> [Records shown]
[Start of Attachment]
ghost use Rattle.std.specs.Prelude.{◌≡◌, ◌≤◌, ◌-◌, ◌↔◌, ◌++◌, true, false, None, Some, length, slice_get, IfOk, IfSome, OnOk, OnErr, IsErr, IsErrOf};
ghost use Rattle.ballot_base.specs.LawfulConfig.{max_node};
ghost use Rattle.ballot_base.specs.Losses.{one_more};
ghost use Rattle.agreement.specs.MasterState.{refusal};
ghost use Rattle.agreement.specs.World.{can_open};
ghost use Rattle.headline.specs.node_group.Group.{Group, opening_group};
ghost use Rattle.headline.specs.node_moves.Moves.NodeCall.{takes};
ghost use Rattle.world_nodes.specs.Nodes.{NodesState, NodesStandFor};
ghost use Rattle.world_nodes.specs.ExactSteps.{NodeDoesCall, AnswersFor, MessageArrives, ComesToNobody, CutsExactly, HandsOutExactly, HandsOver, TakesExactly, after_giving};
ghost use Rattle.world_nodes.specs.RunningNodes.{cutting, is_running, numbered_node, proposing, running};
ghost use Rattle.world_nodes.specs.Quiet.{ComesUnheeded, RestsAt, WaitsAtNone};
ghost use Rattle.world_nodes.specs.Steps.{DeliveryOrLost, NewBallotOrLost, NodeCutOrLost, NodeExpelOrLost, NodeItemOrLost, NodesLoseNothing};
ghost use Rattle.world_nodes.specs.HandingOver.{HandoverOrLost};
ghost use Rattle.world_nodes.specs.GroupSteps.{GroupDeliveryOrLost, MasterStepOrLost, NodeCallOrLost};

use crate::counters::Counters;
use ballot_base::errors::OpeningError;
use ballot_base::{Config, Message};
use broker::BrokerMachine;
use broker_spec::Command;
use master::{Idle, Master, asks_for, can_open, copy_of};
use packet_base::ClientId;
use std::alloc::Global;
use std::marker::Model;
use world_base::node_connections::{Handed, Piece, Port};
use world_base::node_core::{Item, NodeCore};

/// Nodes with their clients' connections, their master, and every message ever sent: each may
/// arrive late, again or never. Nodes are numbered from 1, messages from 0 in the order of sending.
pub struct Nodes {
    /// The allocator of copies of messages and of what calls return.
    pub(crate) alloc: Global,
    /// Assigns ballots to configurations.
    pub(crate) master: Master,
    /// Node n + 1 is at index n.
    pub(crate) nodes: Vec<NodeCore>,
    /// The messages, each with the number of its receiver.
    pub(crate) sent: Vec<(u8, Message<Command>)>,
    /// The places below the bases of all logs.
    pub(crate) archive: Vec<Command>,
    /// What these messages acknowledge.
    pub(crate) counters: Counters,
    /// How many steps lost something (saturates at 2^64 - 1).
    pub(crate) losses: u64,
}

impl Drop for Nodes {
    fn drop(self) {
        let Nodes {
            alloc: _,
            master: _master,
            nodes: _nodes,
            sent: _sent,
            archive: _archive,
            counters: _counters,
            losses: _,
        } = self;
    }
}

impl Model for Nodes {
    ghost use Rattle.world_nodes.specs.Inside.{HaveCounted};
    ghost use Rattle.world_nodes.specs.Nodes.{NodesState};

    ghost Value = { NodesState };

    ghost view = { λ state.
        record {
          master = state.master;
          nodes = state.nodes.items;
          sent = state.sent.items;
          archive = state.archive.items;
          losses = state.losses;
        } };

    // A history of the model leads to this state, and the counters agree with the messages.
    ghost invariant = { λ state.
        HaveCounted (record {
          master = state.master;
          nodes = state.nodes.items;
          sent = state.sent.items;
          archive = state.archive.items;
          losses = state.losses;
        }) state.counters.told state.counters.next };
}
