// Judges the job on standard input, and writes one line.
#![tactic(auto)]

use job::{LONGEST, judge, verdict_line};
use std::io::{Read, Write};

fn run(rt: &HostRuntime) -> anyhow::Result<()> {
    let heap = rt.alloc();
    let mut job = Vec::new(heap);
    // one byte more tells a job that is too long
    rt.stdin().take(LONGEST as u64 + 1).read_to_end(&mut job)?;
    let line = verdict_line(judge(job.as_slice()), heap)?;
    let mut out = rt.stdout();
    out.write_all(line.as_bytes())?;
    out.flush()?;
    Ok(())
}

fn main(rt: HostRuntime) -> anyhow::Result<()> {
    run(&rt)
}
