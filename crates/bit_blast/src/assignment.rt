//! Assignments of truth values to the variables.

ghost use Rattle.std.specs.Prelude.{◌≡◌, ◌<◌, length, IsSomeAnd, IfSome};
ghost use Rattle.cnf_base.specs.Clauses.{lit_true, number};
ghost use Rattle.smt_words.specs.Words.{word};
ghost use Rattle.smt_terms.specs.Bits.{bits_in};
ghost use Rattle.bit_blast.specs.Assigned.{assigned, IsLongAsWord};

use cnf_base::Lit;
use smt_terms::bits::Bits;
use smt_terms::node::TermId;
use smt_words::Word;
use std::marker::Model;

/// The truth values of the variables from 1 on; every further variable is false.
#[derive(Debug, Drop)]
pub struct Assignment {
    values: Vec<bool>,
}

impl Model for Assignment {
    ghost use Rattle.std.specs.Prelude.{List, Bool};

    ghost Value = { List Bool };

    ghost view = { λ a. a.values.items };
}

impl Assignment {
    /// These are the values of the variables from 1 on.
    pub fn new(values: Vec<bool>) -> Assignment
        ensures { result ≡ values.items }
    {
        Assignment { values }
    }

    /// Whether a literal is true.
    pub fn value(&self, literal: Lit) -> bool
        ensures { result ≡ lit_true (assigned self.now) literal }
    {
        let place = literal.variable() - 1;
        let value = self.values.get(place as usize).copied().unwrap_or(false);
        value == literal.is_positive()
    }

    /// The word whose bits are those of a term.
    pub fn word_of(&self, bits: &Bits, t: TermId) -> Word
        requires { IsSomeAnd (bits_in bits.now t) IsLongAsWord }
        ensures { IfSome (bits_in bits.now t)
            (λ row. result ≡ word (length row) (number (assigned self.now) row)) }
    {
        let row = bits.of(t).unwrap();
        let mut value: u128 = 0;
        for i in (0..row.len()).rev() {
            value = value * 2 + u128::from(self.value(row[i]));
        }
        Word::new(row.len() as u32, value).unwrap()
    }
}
[End of Attachment]
> [Exercise brief] Reproduce every line in the records above that contains the word "with".

> [Answer below]
/// Nodes with their clients' connections, their master, and every message ever sent: each may
    /// The messages, each with the number of its receiver.
    // A history of the model leads to this state, and the counters agree with the messages.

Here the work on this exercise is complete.